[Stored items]

+===+

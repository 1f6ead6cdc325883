//! Goals as text.
ghost use Rattle.std.specs.Prelude.{◌≡◌, ◌++◌, OnOk, string_bytes};
ghost use Rattle.infer_report.specs.Words.{goal_text};

use super::types::{push_implements, push_projection, push_ty};
use hir_facts::{Goal, RawFacts};
use std::alloc::AllocError;

/// Writes a goal: traits and associated types by their names in the facts. What is out of range is
/// `{unknown}`.
#[tactic(auto, unfolding(crate::specs::Words::goal_text))]
pub fn push_goal(out: &mut String, facts: &RawFacts, goal: &Goal) -> Result<(), AllocError>
    ensures { OnOk result (string_bytes out.new ≡ string_bytes out.old ++ goal_text facts.now goal.now) }
{
    match goal {
        Goal::Trait(bound) => {
            let item = facts.traits.get(bound.id.0 as usize);
            push_implements(out, facts, ": ", item, bound.args.as_slice())
        }
        Goal::Projection { alias, args, ty } => {
            push_projection(out, facts, *alias, args.as_slice())?;
            out.push_str(" == ")?;
            push_ty(out, facts, ty)
        }
    }
}
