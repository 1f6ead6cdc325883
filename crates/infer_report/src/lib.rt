//! The report on a table of types, as text.
#![tactic(auto)]

mod goals;
mod report;
mod types;

pub use goals::push_goal;
pub use report::{count_complaints, write_report};
pub use types::push_ty;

+===+

_What you need to do_
What is needed is an exact repetition of the lines from the first line of the records through the line containing "types, as text.", both ends included, and nothing more.

_Answer section_
repository 1f6ead6cdc325883
//! Goals as text.
ghost use Rattle.std.specs.Prelude.{◌≡◌, ◌++◌, OnOk, string_bytes};
ghost use Rattle.infer_report.specs.Words.{goal_text};

use super::types::{push_implements, push_projection, push_ty};
use hir_facts::{Goal, RawFacts};
use std::alloc::AllocError;

/// Writes a goal: traits and associated types by their names in the facts. What is out of range is
/// `{unknown}`.
#[tactic(auto, unfolding(crate::specs::Words::goal_text))]
pub fn push_goal(out: &mut String, facts: &RawFacts, goal: &Goal) -> Result<(), AllocError>
    ensures { OnOk result (string_bytes out.new ≡ string_bytes out.old ++ goal_text facts.now goal.now) }
{
    match goal {
        Goal::Trait(bound) => {
            let item = facts.traits.get(bound.id.0 as usize);
            push_implements(out, facts, ": ", item, bound.args.as_slice())
        }
        Goal::Projection { alias, args, ty } => {
            push_projection(out, facts, *alias, args.as_slice())?;
            out.push_str(" == ")?;
            push_ty(out, facts, ty)
        }
    }
}
repository 1f6ead6cdc325883
filename crates/infer_report/src/lib.rt
//! The report on a table of types, as text.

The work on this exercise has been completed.